• _Work order_
In the entries, find all lines that hold the word "options" and copy them.

• _Records from a collection_
——

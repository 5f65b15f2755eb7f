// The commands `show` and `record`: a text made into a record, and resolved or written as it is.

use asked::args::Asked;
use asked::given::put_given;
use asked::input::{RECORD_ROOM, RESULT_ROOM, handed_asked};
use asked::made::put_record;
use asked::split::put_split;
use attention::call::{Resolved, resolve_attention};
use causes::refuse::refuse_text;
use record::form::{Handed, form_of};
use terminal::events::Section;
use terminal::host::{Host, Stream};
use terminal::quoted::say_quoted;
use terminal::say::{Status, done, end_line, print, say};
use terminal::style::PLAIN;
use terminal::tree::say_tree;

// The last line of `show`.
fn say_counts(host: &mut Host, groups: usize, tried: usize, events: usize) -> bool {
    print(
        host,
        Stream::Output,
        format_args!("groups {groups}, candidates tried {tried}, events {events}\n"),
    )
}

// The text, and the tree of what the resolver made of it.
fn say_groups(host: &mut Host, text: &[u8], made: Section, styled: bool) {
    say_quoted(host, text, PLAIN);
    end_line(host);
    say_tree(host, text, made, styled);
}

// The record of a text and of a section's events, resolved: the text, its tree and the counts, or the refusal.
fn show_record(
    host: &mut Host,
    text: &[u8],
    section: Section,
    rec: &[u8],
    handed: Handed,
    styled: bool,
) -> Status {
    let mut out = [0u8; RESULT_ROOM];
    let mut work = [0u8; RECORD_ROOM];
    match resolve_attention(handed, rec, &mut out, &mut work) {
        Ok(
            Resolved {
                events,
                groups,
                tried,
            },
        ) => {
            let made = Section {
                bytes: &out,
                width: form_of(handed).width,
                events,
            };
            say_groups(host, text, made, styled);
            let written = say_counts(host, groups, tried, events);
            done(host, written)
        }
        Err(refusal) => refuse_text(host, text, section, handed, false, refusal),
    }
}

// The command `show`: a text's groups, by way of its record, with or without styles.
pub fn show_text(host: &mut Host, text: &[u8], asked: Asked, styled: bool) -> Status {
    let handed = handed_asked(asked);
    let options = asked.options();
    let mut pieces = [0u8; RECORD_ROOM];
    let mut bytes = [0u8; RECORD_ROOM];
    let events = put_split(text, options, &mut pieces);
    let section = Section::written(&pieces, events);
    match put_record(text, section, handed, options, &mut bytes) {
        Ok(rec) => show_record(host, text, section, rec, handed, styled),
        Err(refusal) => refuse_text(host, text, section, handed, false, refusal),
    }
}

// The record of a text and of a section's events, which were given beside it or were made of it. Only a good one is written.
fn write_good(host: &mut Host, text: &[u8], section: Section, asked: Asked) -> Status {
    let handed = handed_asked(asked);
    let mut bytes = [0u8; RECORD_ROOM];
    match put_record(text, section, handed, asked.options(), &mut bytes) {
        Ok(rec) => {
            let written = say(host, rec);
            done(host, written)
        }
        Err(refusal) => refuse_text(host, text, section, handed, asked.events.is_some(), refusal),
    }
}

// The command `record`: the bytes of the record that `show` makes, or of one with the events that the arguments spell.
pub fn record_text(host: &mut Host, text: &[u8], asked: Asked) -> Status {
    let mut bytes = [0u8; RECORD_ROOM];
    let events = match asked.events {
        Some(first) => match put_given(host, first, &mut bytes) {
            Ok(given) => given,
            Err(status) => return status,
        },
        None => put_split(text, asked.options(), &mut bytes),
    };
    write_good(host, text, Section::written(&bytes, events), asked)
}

——

• _The completed task_
    let options = asked.options();
    let events = put_split(text, options, &mut pieces);
    match put_record(text, section, handed, options, &mut bytes) {
    match put_record(text, section, handed, asked.options(), &mut bytes) {
        None => put_split(text, asked.options(), &mut bytes),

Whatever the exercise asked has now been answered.